He’s since tried to pretend that his comments were twenty years ago, and they were just ‘obiter dicta’. I’ve got other words for them.
Anyway, let’s hope he understands the science a bit better now. Climate change isn’t a primitive fear, and humans are responsible.
Whether he understands that or not, is anyone’s guess. But his so-called ‘green revolution’ is certainly a full 360 from his previous remarks.
Is he the best man to be leading any sort of climate revolution?! Time will tell…
What is the 10-point plan for a Green Industrial Revolution?
The government released ‘The Ten Point Plan for a Green Industrial Revolution’ in November 2020. Its purpose is to provide a plan of how we’ll achieve our ambitious national priority of net zero by 2050.
Boris and his ‘Task Force Zero’; have set aside a total of £12 billion in government investment for the job.
The 10-point plan outlines how the investment will be spent. So lets take a closer look…
1. Advancing Offshore Wind
Wind has its uses, and not just for drying your washing!
Offshore wind already powers the equivalent of 4.5 million homes every year.

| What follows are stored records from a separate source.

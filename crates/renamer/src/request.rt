//! What the words of the command line ask for.
ghost use Rattle.std.specs.Prelude.{◌≡◌, option_map};
ghost use Rattle.std.specs.Char.{is_ascii_digit};
ghost use Rattle.std.specs.List.{list_all};
ghost use Rattle.renamer.specs.Requests.{asked_in_request, has_leading_zero, is_plain_number, request_of, symbol_number};

use semantic_syntax::SymbolId;

/// What is asked for: that this symbol gets this name.
#[derive(Clone, Copy)]
pub(crate) struct Request<'a> {
    pub symbol: SymbolId,
    pub name: &'a str,
}

/// Whether a zero stands before other digits.
fn has_leading_zero(digits: &[u8]) -> bool
    ensures { result ≡ has_leading_zero digits.now }
{
    digits.len() > 1 && digits[0] == b'0'
}

fn are_digits(bytes: &[u8]) -> bool
    ensures { result ≡ list_all is_ascii_digit bytes.now }
{
    bytes.iter().all(|byte| byte.is_ascii_digit())
}

/// Whether the word is a number in decimal, without a sign and without a zero before other digits.
fn is_plain_number(word: &str) -> bool
    ensures { result ≡ is_plain_number word.now }
{
    let digits = word.as_bytes();
    if digits.is_empty() || has_leading_zero(digits) {
        return false;
    }
    are_digits(digits)
}

/// The symbol whose number the word is.
fn read_symbol(word: &str) -> Option<SymbolId>
    ensures { result ≡ symbol_number word.now }
{
    if !is_plain_number(word) {
        return None;
    }
    let Ok(number) = word.parse::<u32>() else {
        return None;
    };
    if number == u32::MAX {
        return None;
    }
    Some(SymbolId::new(number))
}

/// What the words ask for, or none where they aren't the number of a symbol and a name.
pub(crate) fn read_words(words: &[String]) -> Option<Request<'_>>
    ensures { option_map asked_in_request result ≡ request_of words.now }
{
    let [number, name] = words else {
        return None;
    };
    let symbol = read_symbol(number)?;
    Some(Request { symbol, name })
}
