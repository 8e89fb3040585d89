//! A symbol gets another name.

ghost use Rattle.std.specs.Prelude.{◌≡◌, ◌<◌, false, length, slice_get, bytes_eq, codes, IfOk, IfErr};
ghost use Rattle.std.specs.Str.{chars};
ghost use Rattle.semantic_syntax.specs.Tables.{Symbol};
ghost use Rattle.semantic_model.specs.TablesOf.{tables_of};
ghost use Rattle.semantic_model.specs.Analysis.{analysis_of};
ghost use Rattle.renamer.specs.Told.{told_by};
ghost use Rattle.rename_model.specs.Alone.{BelongsTo, IsUnused};
ghost use Rattle.renamer.specs.Answers.{IsAnswer};
ghost use Rattle.renamer.specs.Outcome.{Comes, Compares, FindsDifference, IsRenaming, IsRefusedFor, NeverDiffers};
ghost use Rattle.renamer.specs.Requests.{asked_in_request};

use crate::analysed::Analysed;
use crate::bearing::is_bad_name;
use crate::differing::first_difference;
use crate::error::RenameError;
use crate::fixing::first_fixed;
use crate::refusal::{Refusal, RequestError};
use crate::renaming::renamed;
use crate::request::Request;
use semantic::{SemanticBuilder, SemanticBuilderReturn, drop_analysis};
use semantic_syntax::{NodeId, SymbolId};
use semantic_tree::Program;
use std::alloc::{AllocError, Global};

/// Drops a program, out of line: each function that drops one itself is proved anew to drop each of its parts.
pub(crate) fn drop_program(_program: Program) {}

/// What an analysis tells of nodes.
fn analysed_by<'a>(analysis: &'a SemanticBuilderReturn<'_>) -> Analysed<'a>
    ensures scoping { result.scoping.now ≡ analysis.now.semantic.scoping }
    ensures tables { result.tables.now ≡ analysis.now.semantic.tables }
{
    Analysed {
        scoping: analysis.semantic.scoping(),
        tables: analysis.semantic.tables(),
    }
}

/// The first node at which the analysis of a program differs from another.
fn difference(
    alloc: Global,
    analysed: &Analysed<'_>,
    made: &Program,
) -> Result<Option<NodeId>, AllocError>
    ensures { FindsDifference (told_by analysed.now) made.now result }
{
    let analysis = SemanticBuilder::new().build(alloc, made)?;
    let found = first_difference(analysed, &analysed_by(&analysis), made.node_count());
    drop_analysis(analysis);
    Ok(found)
}

/// The program that is made, unless its analysis differs.
fn compared(alloc: Global, analysed: &Analysed<'_>, made: Program) -> Result<Program, RenameError>
    ensures { Compares (told_by analysed.now) made result }
{
    match difference(alloc, analysed, &made) {
        Ok(None) => Ok(made),
        Ok(Some(node)) => {
            drop_program(made);
            Err(RenameError::Differs(node))
        }
        Err(error) => {
            drop_program(made);
            Err(RenameError::Memory(error))
        }
    }
}

/// Gives the symbol of an analysed program the name.
fn rename_analysed(
    alloc: Global,
    program: &Program,
    analysed: &Analysed<'_>,
    symbol: SymbolId,
    new: &str,
) -> Result<Program, RenameError>
    requires analysis { told_by analysed.now ≡ analysis_of program.now }
    requires symbol { symbol < length (tables_of program.now).symbols }
    ensures { Comes program.now symbol (chars new.now) result }
{
    let _root = program.root();
    if is_bad_name(new) {
        return Err(RenameError::BadName);
    }
    let fixed = first_fixed(alloc, program, analysed, symbol)?;
    match fixed {
        Some(node) => return Err(RenameError::Fixed(node)),
        None => {}
    }
    let made = renamed(alloc, program, analysed, symbol, new)?;
    compared(alloc, analysed, made)
}

/// The program in which the symbol has the new name, in its binding identifiers and enum members and in the references
/// that are tied to it. Properties in short whose value is renamed keep their key and are written out.
///
/// It is refused in this order: for a bad name; for the least node that is renamed and whose name others see; for the
/// least node that would mean another symbol. `Memory` may come at any place. The program itself stays as it is.
pub fn rename_program(
    alloc: Global,
    p: &Program,
    s: SymbolId,
    new: &str,
) -> Result<Program, RenameError>
    requires { s < length (tables_of p.now).symbols }
    // It is what the definition gives, but for want of memory.
    ensures exact { Comes p.now s (chars new.now) result }
    // What is renamed means the same.
    ensures renamed { IfOk result (IsRenaming p.now s (chars new.now)) }
    // Each refusal has its cause.
    ensures refused { IfErr result (IsRefusedFor p.now s (chars new.now)) }
    // A name of this symbol alone never comes to mean another.
    ensures complete { (y : Symbol) → slice_get (tables_of p.now).symbols s ≡ Some y
        → bytes_eq y.name (codes "arguments") ≡ false → bytes_eq y.name (codes "eval") ≡ false
        → BelongsTo p.now s y.name → IsUnused p.now (chars new.now)
        → NeverDiffers result }
{
    let _root = p.root();
    let analysis = SemanticBuilder::new().build(alloc, p)?;
    let result = rename_analysed(alloc, p, &analysed_by(&analysis), s, new);
    drop_analysis(analysis);
    result
}

/// Gives the symbol that is asked for the name, where the analysed program has that symbol.
fn rename_known(
    alloc: Global,
    program: &Program,
    analysed: &Analysed<'_>,
    request: &Request<'_>,
) -> Result<Program, RequestError>
    requires analysis { told_by analysed.now ≡ analysis_of program.now }
    requires tables { analysed.now.scoping.now ≡ tables_of program.now }
    ensures { IsAnswer (asked_in_request request.now) program.now result }
{
    if request.symbol.index() >= analysed.scoping.symbols_len() {
        return Err(RequestError::Refused(Refusal::NoSymbol(request.symbol)));
    }
    let made = rename_analysed(alloc, program, analysed, request.symbol, request.name)?;
    Ok(made)
}

/// The program in which the symbol that is asked for has the name, with the refusals of `rename_program` and one more:
/// that there is no such symbol.
pub(crate) fn rename_asked(
    alloc: Global,
    program: &Program,
    request: &Request<'_>,
) -> Result<Program, RequestError>
    ensures { IsAnswer (asked_in_request request.now) program.now result }
{
    let analysis = SemanticBuilder::new().build(alloc, program)?;
    let result = rename_known(alloc, program, &analysed_by(&analysis), request);
    drop_analysis(analysis);
    result
}
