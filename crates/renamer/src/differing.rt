//! The first node at which two analyses differ.

ghost use Rattle.std.specs.Prelude.{◌≡◌, ◌<◌, ◌^◌, ◌-◌};
ghost use Rattle.renamer.specs.Told.{told_by};
ghost use Rattle.rename_model.specs.Same.{same_option, is_same_at, first_difference};

use crate::analysed::Analysed;
use semantic_syntax::{NodeId, SymbolId};

/// Whether both are the same symbol, or none.
fn is_same(one: Option<SymbolId>, other: Option<SymbolId>) -> bool
    ensures { result ≡ same_option one other }
{
    match (one, other) {
        (None, None) => true,
        (Some(one), Some(other)) => one == other,
        (_, _) => false,
    }
}

/// Whether the node declares the same symbol in both, and is tied to the same.
fn is_same_at(one: &Analysed<'_>, other: &Analysed<'_>, node: NodeId) -> bool
    ensures { result ≡ is_same_at (told_by one.now) (told_by other.now) node }
{
    is_same(one.symbol_at(node), other.symbol_at(node))
        && is_same(one.tied_at(node), other.tied_at(node))
}

/// The first of so many nodes that declares another symbol in the one than in the other, or is tied to another.
pub fn first_difference(one: &Analysed<'_>, other: &Analysed<'_>, count: u32) -> Option<NodeId>
    ensures { result ≡ first_difference (told_by one.now) (told_by other.now) 0 count }
{
    for number in 0..count {
        let node = NodeId::new(number);
        if !is_same_at(one, other, node) {
            return Some(node);
        }
    }
    None
}
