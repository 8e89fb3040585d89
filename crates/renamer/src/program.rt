//! The program, over any source and any sinks.
ghost use Rattle.std.specs.Prelude.{◌≡◌, ℕ, List, Some, None, IfErr};
ghost use Rattle.semantic_tree.specs.Tree.{Tree};
ghost use Rattle.program_ends.specs.Calls.{source_call, sink_call};
ghost use Rattle.program_ends.specs.Completeness.{IsClear, IsUsageOrMemory};
ghost use Rattle.program_ends.specs.Faults.{FaultsEnd};
ghost use Rattle.program_ends.specs.Reads.{Stands};
ghost use Rattle.renamer.specs.Answers.{answer_to, program_text};
ghost use Rattle.renamer.specs.Codes.{end_of};
ghost use Rattle.renamer.specs.Meaning.{WritesText, GivesAnswer, Ends, Means, IsGoodInput, IsOrMemory, end_due, end_for};
ghost use Rattle.renamer.specs.Requests.{RenameRequest, asked_in_request, request_of};

use crate::refusal::RequestError;
use crate::rename::{drop_program, rename_asked};
use crate::request::{Request, read_words};
use crate::status::RenameStatus;
use crate::stops::{refuse_words, tell_error};
use program_ends::read_program_from;
use report_ends::{ReportError, Sink, Source, write_whole};
use semantic_tree::Program;
use std::alloc::Global;
use tree_json::write_program;

/// Writes a program.
fn write_text<K: Sink>(alloc: Global, program: &Program, out: &mut K) -> Result<(), ReportError>
    ensures { WritesText K.held K.faults out.old out.new (program_text program.now) result }
{
    let text = write_program(alloc, program)?;
    write_whole(&text, out)
}

/// Writes the answer to a request about a program.
fn answer<K: Sink>(
    alloc: Global,
    request: &Request<'_>,
    program: &Program,
    out: &mut K,
) -> Result<(), RequestError>
    ensures { GivesAnswer K.held K.faults out.old out.new
        (asked_in_request request.now) program.now result }
{
    let made = rename_asked(alloc, program, request)?;
    let written = write_text(alloc, &made, out);
    drop_program(made);
    written?;
    Ok(())
}

/// Reads a program, and writes the answer to a request about it.
fn answer_request<S: Source, K: Sink>(
    alloc: Global,
    request: &Request<'_>,
    source: &mut S,
    out: &mut K,
) -> Result<(), RequestError>
    ensures ends { Ends (asked_in_request request.now)
        (source_call S.left S.faults source.old source.new)
        (sink_call K.held K.faults out.old out.new) result }
    ensures failing { FaultsEnd (source_call S.left S.faults source.old source.new)
        (sink_call K.held K.faults out.old out.new) (end_due result) }
    ensures complete { (input : List ℕ) (program : Tree) → S.left source.old ≡ Some input
        → Stands input program → IfErr result IsGoodInput }
{
    let program = read_program_from(alloc, source)?;
    let answered = answer(alloc, request, &program, out);
    drop_program(program);
    answered
}

/// Does all that the program does. The words are the number of a symbol and its new name. It reads the whole input,
/// which is a program's tree as JSON, and writes on `out` the tree of the program in which the symbol has the name.
/// Where it can't, or may not, it tells why on `errs`, in one line. Where the words are refused nothing is read.
pub fn run_rename<S: Source, K: Sink, E: Sink>(
    alloc: Global,
    words: &[String],
    source: &mut S,
    out: &mut K,
    errs: &mut E,
) -> RenameStatus
    ensures means { Means (source_call S.left S.faults source.old source.new)
        (sink_call K.held K.faults out.old out.new)
        (sink_call E.held E.faults errs.old errs.new) words.now result }
    ensures failing { FaultsEnd (source_call S.left S.faults source.old source.new)
        (sink_call K.held K.faults out.old out.new) (end_of result) }
    // Where no end fails and the input stands for a program, it is renamed where that is not refused, but for want of memory.
    ensures complete { (asked : RenameRequest) → request_of words.now ≡ Some asked
        → (clear : IsClear (source_call S.left S.faults source.old source.new)
        (sink_call K.held K.faults out.old out.new))
        → IsOrMemory (end_for (answer_to asked clear.program)) (end_of result) }
    ensures usage { request_of words.now ≡ None → IsUsageOrMemory (end_of result) }
{
    let Some(request) = read_words(words) else {
        return refuse_words(errs);
    };
    match answer_request(alloc, &request, source, out) {
        Ok(()) => RenameStatus::Done,
        Err(error) => tell_error(alloc, &error, errs),
    }
}
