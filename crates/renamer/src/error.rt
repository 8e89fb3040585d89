//! Why a symbol doesn't get a name.

use semantic_syntax::NodeId;
use std::alloc::{AllocError, AllocFailed};
use thiserror::Error;

/// Why a symbol doesn't get a name. The program is as it was.
#[derive(Debug, Drop, Error)]
pub enum RenameError {
    /// The new name is empty, `arguments` or `eval`, which no symbol gets.
    #[error("a name that no symbol gets")]
    BadName,
    /// The least node whose text would change and is also a name that others see: the binding of a target property in
    /// short, an enum member, or a name that a declaration under `export` binds.
    #[error("a name that others see")]
    Fixed(NodeId),
    /// The least node that would declare another symbol, or be tied to another one.
    #[error("another meaning")]
    Differs(NodeId),
    /// Want of memory.
    #[error("out of memory")]
    Memory(AllocError),
}

impl From<AllocError> for RenameError {
    ghost use Rattle.std.specs.Prelude.{◌≡◌};
    ghost use Rattle.renamer.specs.declared.error.RenameError.TheVariants.{Memory};

    ghost from_gives = { λ refused error. error ≡ Memory refused };

    fn from(refused: AllocError) -> RenameError {
        RenameError::Memory(refused)
    }
}

impl<T: Drop> From<AllocFailed<T>> for RenameError {
    ghost use Rattle.std.specs.Prelude.{◌≡◌, alloc_error};
    ghost use Rattle.renamer.specs.declared.error.RenameError.TheVariants.{Memory};

    ghost from_gives = { λ _ error. error ≡ Memory alloc_error };

    fn from(_refused: AllocFailed<T>) -> RenameError {
        RenameError::Memory(AllocError)
    }
}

And generates over 10% of the UK’s electricity; according to RenewableUK.
And we should be using it more. Not least because the cost has fallen by 50% since 2015. Wind power is one of the lowest cost options for new power in the UK.
The capacity of the UK’s offshore turbines has grown from 1GW to almost 10GW between 2010 and 2020. But the government’s plan is to quadruple this to 40GW by 2030!
The Global Wind Energy Council are dubious about how realistic this is, describing the target as “ambitious”. Aurora Energy Research goes further by pointing out the two flaws in this plan.
Firstly, we’d have to install one turbine every weekday during the whole of the 2020s, which we’re currently not doing. And secondly, we would need £50bn in capital investment, rather than the £160m allocated in the plan.
And if private investment were to be an option; we need to massively improve the speed at which we issue seabed licences. A concern raised by the Chief Executive of Scottish Power, Keith Anderson.
2. Driving the Growth of Low Carbon Hydrogen
So, what about Hydrogen then? There’s certainly been talk of it in the news.
Hydrogen can provide us with electricity. And if blended with natural gas, it could help to decarbonize existing natural gas grids.
The CCC has described hydrogen as a “credible” option for reducing the UK’s greenhouse gas emissions if used “selectively”.
Boris says he wants to work with industry to generate 5GW of low carbon hydrogen production capacity by 2030.
But what he means by ‘low carbon’ hydrogen isn’t totally clear. He could be referring to blue hydrogen, which is made from natural gas; or green hydrogen; which is made from water.
Green hydrogen is the only zero carbon option. Using blue hydrogen would still allow companies like Shell and BP to sell high-carbon natural gas.
Up to £500m has been allocated for developing hydrogen, some of which includes trials in homes.
Hydrogen test facilities
National Grid is partnering with Northern Gas Networks (NGN) in a £10 million project with Fluxys Belgium. They’re building a pioneering offline hydrogen test facility in Cumbria.
We’re only starting the trial stage though. And achieving the goal of generating 5GW of hydrogen power by 2030 poses a huge challenge.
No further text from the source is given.